> WHAT YOU HAVE TO DO
Please report how many lines in these records contain the string "edgeless", and give nothing besides the number.

Dataset excerpts
-------------------------

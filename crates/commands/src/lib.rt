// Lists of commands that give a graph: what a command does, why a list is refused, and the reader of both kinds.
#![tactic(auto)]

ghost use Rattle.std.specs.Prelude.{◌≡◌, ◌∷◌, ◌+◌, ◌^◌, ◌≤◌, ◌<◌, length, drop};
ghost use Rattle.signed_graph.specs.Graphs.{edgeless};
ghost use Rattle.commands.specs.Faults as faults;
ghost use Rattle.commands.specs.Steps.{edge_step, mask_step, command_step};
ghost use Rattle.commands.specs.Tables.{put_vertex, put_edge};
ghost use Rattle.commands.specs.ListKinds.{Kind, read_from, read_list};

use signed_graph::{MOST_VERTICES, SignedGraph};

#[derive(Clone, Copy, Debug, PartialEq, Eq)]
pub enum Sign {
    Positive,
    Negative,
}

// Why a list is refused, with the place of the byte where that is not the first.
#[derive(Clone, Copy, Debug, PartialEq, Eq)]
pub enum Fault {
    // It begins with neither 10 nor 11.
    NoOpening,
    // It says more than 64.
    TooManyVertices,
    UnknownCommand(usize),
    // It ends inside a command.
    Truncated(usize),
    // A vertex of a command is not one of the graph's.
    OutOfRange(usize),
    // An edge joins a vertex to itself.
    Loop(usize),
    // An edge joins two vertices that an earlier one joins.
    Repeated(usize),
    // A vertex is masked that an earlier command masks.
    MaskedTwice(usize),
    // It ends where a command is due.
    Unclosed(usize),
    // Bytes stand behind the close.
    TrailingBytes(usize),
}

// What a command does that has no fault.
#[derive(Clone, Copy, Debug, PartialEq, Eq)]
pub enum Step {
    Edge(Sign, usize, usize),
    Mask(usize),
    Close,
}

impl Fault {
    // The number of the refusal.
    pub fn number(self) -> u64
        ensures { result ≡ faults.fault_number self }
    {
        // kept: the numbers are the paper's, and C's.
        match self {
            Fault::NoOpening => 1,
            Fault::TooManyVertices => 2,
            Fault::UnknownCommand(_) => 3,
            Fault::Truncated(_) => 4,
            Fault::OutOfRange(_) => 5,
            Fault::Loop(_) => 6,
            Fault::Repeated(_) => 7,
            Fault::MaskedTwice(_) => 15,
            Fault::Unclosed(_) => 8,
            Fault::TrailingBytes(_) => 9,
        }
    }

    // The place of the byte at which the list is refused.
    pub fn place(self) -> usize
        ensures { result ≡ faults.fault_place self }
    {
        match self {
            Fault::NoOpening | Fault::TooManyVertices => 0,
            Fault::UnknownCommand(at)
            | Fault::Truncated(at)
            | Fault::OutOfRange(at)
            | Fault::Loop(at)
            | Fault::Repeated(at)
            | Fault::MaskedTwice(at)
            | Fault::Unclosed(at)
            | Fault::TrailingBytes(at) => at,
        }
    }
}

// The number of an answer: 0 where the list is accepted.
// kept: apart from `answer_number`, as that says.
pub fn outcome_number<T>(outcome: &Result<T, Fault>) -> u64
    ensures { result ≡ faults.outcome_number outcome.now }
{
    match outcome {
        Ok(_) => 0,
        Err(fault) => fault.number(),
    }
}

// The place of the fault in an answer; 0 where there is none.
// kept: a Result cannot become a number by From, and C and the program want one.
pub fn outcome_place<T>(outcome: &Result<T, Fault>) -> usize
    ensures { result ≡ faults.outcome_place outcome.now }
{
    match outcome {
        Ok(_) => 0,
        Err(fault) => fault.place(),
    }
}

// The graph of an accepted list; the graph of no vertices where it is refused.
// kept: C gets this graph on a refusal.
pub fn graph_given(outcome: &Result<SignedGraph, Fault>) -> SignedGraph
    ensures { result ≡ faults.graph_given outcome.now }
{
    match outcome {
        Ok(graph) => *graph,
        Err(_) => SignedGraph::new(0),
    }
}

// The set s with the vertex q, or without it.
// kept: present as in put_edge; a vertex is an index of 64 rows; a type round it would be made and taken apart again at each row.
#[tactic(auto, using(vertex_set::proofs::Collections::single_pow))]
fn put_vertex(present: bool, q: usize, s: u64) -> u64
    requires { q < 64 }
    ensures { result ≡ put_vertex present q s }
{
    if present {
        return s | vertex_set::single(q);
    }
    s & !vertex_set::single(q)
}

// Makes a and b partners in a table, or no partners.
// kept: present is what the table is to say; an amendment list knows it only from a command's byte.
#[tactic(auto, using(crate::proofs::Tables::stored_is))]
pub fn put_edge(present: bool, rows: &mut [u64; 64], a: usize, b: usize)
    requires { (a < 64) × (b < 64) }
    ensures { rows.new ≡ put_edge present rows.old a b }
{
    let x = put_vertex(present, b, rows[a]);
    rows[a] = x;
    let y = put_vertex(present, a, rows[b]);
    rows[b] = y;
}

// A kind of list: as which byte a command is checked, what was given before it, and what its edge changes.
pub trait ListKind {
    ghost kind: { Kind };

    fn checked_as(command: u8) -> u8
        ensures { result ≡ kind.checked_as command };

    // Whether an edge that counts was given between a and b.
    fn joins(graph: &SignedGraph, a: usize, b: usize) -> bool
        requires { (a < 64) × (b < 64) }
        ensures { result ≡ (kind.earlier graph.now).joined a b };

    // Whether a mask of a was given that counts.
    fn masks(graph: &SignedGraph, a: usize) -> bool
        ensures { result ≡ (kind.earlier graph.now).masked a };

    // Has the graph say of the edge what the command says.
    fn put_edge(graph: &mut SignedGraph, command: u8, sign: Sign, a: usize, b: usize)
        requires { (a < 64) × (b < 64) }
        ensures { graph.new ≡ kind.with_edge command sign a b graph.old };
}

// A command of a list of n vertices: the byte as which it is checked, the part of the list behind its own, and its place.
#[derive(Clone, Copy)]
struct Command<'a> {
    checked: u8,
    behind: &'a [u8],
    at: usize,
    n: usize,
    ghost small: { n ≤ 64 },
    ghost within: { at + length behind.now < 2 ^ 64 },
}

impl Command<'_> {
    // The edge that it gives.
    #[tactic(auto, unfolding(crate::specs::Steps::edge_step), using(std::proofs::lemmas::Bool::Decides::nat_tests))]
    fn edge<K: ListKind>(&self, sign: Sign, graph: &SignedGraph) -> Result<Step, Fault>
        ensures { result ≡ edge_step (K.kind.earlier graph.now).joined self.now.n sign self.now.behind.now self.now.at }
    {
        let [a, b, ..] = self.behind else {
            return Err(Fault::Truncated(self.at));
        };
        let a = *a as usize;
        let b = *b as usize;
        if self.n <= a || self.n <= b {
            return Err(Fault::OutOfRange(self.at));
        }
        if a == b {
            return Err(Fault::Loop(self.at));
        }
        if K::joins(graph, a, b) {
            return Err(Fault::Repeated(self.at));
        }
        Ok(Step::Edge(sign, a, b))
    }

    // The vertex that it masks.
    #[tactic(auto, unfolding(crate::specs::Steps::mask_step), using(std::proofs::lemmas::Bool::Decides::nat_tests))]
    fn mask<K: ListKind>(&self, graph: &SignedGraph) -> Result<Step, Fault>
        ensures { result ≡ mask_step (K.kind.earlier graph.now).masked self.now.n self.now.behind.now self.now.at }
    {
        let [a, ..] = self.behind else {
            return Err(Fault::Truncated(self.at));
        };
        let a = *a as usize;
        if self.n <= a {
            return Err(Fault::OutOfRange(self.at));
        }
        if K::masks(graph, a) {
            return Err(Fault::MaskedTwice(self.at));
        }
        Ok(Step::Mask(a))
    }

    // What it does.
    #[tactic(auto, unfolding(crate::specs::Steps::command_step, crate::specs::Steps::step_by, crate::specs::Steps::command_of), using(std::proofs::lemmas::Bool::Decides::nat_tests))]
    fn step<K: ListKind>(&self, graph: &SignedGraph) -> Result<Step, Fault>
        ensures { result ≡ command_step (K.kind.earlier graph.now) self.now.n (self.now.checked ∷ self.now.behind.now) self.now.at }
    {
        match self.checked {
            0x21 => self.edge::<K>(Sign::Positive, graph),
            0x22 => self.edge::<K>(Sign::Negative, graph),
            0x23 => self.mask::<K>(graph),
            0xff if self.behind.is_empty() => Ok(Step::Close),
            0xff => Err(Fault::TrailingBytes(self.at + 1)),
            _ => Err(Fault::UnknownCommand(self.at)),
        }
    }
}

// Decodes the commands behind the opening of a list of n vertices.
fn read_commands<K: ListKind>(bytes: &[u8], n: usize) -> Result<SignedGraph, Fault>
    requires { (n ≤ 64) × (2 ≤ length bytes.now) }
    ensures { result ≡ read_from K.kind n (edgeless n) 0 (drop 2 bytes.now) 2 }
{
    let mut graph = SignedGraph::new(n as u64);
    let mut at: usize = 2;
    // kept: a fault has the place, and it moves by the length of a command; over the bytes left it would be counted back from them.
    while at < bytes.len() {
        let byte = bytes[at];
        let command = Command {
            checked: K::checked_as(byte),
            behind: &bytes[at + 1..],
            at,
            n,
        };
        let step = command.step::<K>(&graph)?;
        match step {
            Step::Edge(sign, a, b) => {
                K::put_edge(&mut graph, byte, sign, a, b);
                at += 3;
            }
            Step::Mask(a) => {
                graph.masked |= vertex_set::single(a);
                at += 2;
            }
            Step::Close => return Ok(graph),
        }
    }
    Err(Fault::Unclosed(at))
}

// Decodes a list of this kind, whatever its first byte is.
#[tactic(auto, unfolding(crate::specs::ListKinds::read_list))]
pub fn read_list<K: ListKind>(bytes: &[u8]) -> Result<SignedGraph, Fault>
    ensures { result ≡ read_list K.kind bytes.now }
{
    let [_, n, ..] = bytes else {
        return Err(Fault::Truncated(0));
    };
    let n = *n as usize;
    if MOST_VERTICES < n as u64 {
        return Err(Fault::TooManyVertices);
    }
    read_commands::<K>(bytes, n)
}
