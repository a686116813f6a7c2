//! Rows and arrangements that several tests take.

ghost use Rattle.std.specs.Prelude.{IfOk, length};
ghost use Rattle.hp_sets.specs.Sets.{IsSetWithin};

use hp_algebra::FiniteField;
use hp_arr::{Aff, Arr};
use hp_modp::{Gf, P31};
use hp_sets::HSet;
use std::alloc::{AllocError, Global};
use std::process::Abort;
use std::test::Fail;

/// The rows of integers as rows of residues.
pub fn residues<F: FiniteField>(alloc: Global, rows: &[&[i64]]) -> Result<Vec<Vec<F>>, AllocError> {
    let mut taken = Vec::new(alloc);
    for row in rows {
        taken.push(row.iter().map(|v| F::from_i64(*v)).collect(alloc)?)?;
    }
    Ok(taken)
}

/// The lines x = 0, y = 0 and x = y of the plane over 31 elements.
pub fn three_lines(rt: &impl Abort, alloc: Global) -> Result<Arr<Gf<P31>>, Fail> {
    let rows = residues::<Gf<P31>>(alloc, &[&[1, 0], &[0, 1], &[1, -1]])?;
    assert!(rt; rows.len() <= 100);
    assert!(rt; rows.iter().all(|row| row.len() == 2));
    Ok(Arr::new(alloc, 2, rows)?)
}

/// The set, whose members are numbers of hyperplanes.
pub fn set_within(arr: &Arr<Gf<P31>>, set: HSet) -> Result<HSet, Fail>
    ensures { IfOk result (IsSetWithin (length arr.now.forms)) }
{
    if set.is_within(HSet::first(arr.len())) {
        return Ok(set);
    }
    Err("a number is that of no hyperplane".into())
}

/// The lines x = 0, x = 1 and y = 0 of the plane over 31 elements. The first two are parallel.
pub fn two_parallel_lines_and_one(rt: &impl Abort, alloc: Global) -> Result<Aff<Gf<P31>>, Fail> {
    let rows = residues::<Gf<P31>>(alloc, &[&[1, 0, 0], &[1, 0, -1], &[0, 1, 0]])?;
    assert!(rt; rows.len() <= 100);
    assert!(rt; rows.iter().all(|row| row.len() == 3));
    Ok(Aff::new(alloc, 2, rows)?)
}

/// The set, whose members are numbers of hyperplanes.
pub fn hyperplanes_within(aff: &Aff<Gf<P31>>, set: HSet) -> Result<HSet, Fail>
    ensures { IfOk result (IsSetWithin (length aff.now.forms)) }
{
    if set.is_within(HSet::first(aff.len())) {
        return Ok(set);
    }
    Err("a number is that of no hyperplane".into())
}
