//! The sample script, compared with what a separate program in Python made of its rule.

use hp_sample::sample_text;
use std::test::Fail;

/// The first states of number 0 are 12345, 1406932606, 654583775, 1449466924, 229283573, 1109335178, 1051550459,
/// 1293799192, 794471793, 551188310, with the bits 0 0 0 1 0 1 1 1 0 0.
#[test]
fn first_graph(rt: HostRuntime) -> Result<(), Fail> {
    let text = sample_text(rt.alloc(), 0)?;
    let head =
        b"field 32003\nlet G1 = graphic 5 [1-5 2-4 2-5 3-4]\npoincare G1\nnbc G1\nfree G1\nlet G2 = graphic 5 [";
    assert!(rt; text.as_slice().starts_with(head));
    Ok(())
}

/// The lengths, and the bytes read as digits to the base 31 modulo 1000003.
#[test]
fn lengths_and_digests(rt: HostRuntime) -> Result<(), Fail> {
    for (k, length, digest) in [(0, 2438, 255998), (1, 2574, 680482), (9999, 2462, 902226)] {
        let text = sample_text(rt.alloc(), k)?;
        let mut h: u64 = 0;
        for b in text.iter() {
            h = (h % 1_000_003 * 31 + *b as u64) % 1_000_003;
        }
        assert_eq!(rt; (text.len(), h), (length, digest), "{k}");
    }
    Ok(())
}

-------------------------

> EXPECTED ANSWER
2